PEG-IFN-α-based therapy is effective for functional cure in special CHB populations, but its utility is constrained by manageable yet impactful side effects and adherence barriers. Common side effects are generally tolerable with monitoring and proactive management, while severe adverse events are rare but require careful patient selection. Adherence barriers can be mitigated through patient education, supportive care, and healthcare system improvements. A balanced approach that integrates efficacy data with safety and adherence considerations is essential for optimizing PEG-IFN-α usage in clinical practice.

Unaddressed Factors
The underlying basis for the effectiveness of PEG-IFN-α remains unelaborated due to limitations in existing clinical data and study designs, particularly the roles of population-related factors (eg ethnicity, host genetic variations) and viral genotypes in specific geographic regions. Firstly, ethnic differences in immune system function (eg innate immune activation, T-cell responsiveness) may directly influence the mechanism of PEG-IFN-α action. For example, Sub-Saharan African population with HBV/HIV-1 co-infection had higher baseline immune activation than East Asian populations,112 which may alter PEG-IFN-α-induced immune restoration and thus treatment efficacy. The early treatment with IFN-α at age of 1–3 years achieves more than 60% HBsAg loss,125–131 but most data are derived from Chinese pediatric cohorts. It remains unclear whether this high response rate is replicable in other ethnic groups (eg African, Caucasian children) who may have distinct immune maturation patterns. Secondly, host genetic polymorphisms, especially in genes regulating IFN signaling pathway or innate immunity, are critical determinants of IFN-α response in CHB population. For instance, polymorphisms in bone marrow stromal antigen 2 (BST2), an IFN-stimulated gene, predicted PEG-IFN-α response. The BST2 rs_9576 GG genotype was associated with higher HBeAg seroconversion and HBV DNA suppression.138 However, few studies focused on the genetic factors contribution to PEG-IFN-α efficacy in special populations. For example, PEG-IFN-α reduced HCC recurrence by inhibiting integrated HBV DNA transcription and enhancing immune cell function,51,75,76 but it is unknown whether polymorphism in tumor protein 53, which regulates tumor immune surveillance,139,140 influences the ability of PEG-IFN-α to prevent HCC recurrence. Thirdly, HBV genotypes (A–J) exhibit distinct geographic distributions and differ in biological characteristics, which may impact PEG-IFN-α efficacy. HBV genotype A was independently associated with HBsAg loss in HBeAg-negative CHB patients with PEG-IFN-α combined with NAs therapy.141 Addressing the above gaps through multiethnic, genetically informed, and genotype-stratified research will not only deepen mechanistic understanding but also enable precise, personalized treatment strategies.

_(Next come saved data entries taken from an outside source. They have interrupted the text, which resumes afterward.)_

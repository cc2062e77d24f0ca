// A leg by value: what it can do, what a send, a synchronising and a release do to it. The names are those of `SrtConnection`
// and of its sender.
// Kept (1): a state and the flag `started` are words of the lent row: a C host may lend any number, and 6 has to read it to refuse it.
ghost use Rattle.std.specs.Prelude.{◌≡◌, ◌+◌, ◌-◌, ◌<◌};
ghost use Rattle.srt_group_model.specs.Legs.{is_connected, is_disconnected, has_sender, remaining_window_packets, can_send, can_send_with_pacing, time_until_send, oldest_unacked_sequence, gives_up_at, peer_initial_sequence, after_send};
ghost use Rattle.srt_group_model.specs.Legs.{send_shared_with_sequence, synchronize_send_sequence, disconnect_leg, handed, read_state, acknowledge};
ghost use Rattle.srt_connection.specs.Answers.{deadline_of};

use srt_group_model::{Leg, Sender};
use srt_protocol::srt_packet::{word_distance, word_further};
use srt_protocol::time::Timestamp;

// A leg's state, as the number that a row holds.
pub const HANDSHAKING: u64 = 0;

pub const CONNECTED: u64 = 1;

pub const DISCONNECTED: u64 = 2;

// The peer's first sequence where there is none.
pub const NO_SEQUENCE: u64 = 0xffff_ffff;

// The largest sequence number, and the largest values of fields of 16 and of 32 bits.
pub const LARGEST_SEQUENCE: u64 = 0x7fff_ffff;

pub const LARGEST_16: u64 = 0xffff;

pub const LARGEST_32: u64 = 0xffff_ffff;

// ---- what it can do

pub fn is_connected(leg: Leg) -> bool
    ensures { result ≡ is_connected leg }
{
    leg.link.state == CONNECTED
}

pub fn is_disconnected(leg: Leg) -> bool
    ensures { result ≡ is_disconnected leg }
{
    leg.link.state == DISCONNECTED
}

// The sender exists from the first connect on.
pub fn has_sender(leg: Leg) -> bool
    ensures { result ≡ has_sender leg }
{
    leg.sender.started == 1
}

#[tactic(auto, unfolding(srt_group_model::specs::Tools::flagged))]
pub fn peer_initial_sequence(leg: Leg) -> Option<u64>
    ensures { result ≡ peer_initial_sequence leg }
{
    let first = leg.receiver.first;
    (first != NO_SEQUENCE).then_some(first)
}

// The window less the flight, least 0.
pub fn remaining_window_packets(leg: Leg) -> u64
    ensures { result ≡ remaining_window_packets leg }
{
    leg.sender.window.saturating_sub(leg.sender.flight)
}

#[tactic(auto, unfolding(srt_group_model::specs::Legs::can_send))]
pub fn can_send(leg: Leg) -> bool
    ensures { result ≡ can_send leg }
{
    is_connected(leg) && 0 < remaining_window_packets(leg)
}

#[tactic(auto, unfolding(srt_group_model::specs::Legs::can_send_with_pacing))]
pub fn can_send_with_pacing(leg: Leg, time: Timestamp) -> bool
    ensures { result ≡ can_send_with_pacing time.0 leg }
{
    can_send(leg) && leg.sender.pace <= time
}

// Microseconds until pacing lets a send go, least 0.
pub fn time_until_send(leg: Leg, time: Timestamp) -> u64
    ensures { result ≡ time_until_send time.0 leg }
{
    let pace = leg.sender.pace;
    pace.saturating_sub(time)
}

// The next sequence less the flight, round the sequence space.
#[tactic(auto, unfolding(srt_group_model::specs::Legs::oldest_unacked_sequence))]
pub fn oldest_unacked_sequence(leg: Leg) -> u64
    ensures { result ≡ oldest_unacked_sequence leg }
{
    word_distance(leg.sender.flight, leg.sender.next)
}

// The packet's source time and the latency after it, at which a missing packet is given up; a latency of 0 means never.
#[tactic(auto, unfolding(srt_group_model::specs::Legs::gives_up_at, srt_group_model::specs::Tools::flagged))]
pub fn gives_up_at(leg: Leg, source: Timestamp) -> Option<Timestamp>
    ensures { result ≡ deadline_of (gives_up_at source.0 leg) }
{
    let latency = leg.receiver.latency;
    (latency != 0).then_some(source.add_micros(latency))
}

// ---- what is done to it

// The sender once one more has gone out: its next sequence and its flight rise by one, and the oldest send time becomes the
// time if the flight was empty.
#[tactic(auto, using(srt_group_model::specs::Laws::Reason::when_true, srt_group_model::specs::Laws::Reason::when_false))]
fn after_send(mut sender: Sender, time: Timestamp) -> Sender
    requires { sender.flight < sender.window }
    ensures { result ≡ after_send time.0 sender }
{
    sender.next = word_further(sender.next, 1);
    sender.flight += 1;
    if sender.flight == 1 {
        sender.oldest = time;
    }
    sender
}

// Kept (5): a time, a size and a sequence, as the Rust's method takes them; a struct of the three would be made at each call and taken apart here.
// A send of `size` bytes at a sequence fails unless the leg can send, the sequence is its next, and the payload is within its
// limit. The next sequence and the flight rise by one.
#[tactic(auto, using(crate::specs::Laws::Answers::window_left, srt_group_model::specs::Laws::Reason::when_true, srt_group_model::specs::Laws::Reason::when_false), unfolding(srt_group_model::specs::Legs::send_shared_with_sequence))]
pub fn send_shared_with_sequence(
    mut leg: Leg,
    time: Timestamp,
    size: u64,
    sequence: u64,
) -> Option<Leg>
    ensures { result ≡ send_shared_with_sequence time.0 size sequence leg }
{
    if !can_send(leg) || sequence != leg.sender.next || leg.link.limit < size {
        return None;
    }
    leg.sender = after_send(leg.sender, time);
    Some(leg)
}

// Fails unless the flight is empty; sets the next sequence.
#[tactic(auto, using(srt_group_model::specs::Laws::Reason::when_true, srt_group_model::specs::Laws::Reason::when_false), unfolding(srt_group_model::specs::Legs::synchronize_send_sequence))]
pub fn synchronize_send_sequence(mut leg: Leg, sequence: u64) -> Option<Leg>
    ensures { result ≡ synchronize_send_sequence sequence leg }
{
    if leg.sender.flight != 0 {
        return None;
    }
    leg.sender.next = sequence;
    Some(leg)
}

pub fn disconnect(mut leg: Leg) -> Leg
    ensures { result ≡ disconnect_leg leg }
{
    leg.link.state = DISCONNECTED;
    leg
}

// A leg handed to an addition: one that is connected, or handed over disconnected, has connected and has a sender.
#[tactic(auto, using(srt_group_model::specs::Laws::Reason::when_true, srt_group_model::specs::Laws::Reason::when_false))]
pub fn handed_over(mut leg: Leg) -> Leg
    ensures { result ≡ handed leg }
{
    leg.sender.started = (leg.link.state != HANDSHAKING) as u64;
    leg
}

// The state that was read; a leg that is connected has its sender from then on.
#[tactic(auto, using(srt_group_model::specs::Laws::Reason::when_true, srt_group_model::specs::Laws::Reason::when_false))]
pub fn read_state(mut leg: Leg, state: u64) -> Leg
    ensures { result ≡ read_state state leg }
{
    leg.link.state = state;
    if state == CONNECTED {
        leg.sender.started = 1;
    }
    leg
}

// Acknowledged up to `sequence`: what is left of the flight goes from there to the next sequence.
pub fn acknowledge(mut leg: Leg, sequence: u64) -> Leg
    ensures { result ≡ acknowledge sequence leg }
{
    leg.sender.flight = word_distance(sequence, leg.sender.next);
    leg
}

Conclusion and Prospection
In conclusion, PEG-IFN-α demonstrated consistent efficacy and safety in special HBV populations, laying the foundation for a functional cure and supporting clinical decision-making for HBV management (Figure 1). While PEG-IFN-α remains a cornerstone for functional cure in special populations with chronic HBV infection, emerging therapies are needed with synergistic potential to overcome current limitations (eg residual cccDNA, HBV integration, and suboptimal immune restoration). Integrating PEG-IFN-α with novel therapeutic strategies, such as small interfering RNA, Toll-like receptor agonists, and antisense oligonucleotides,142 will target multiple HBV life cycles and address unmet needs, leading to the 2030 HBV elimination goal being closer to reality.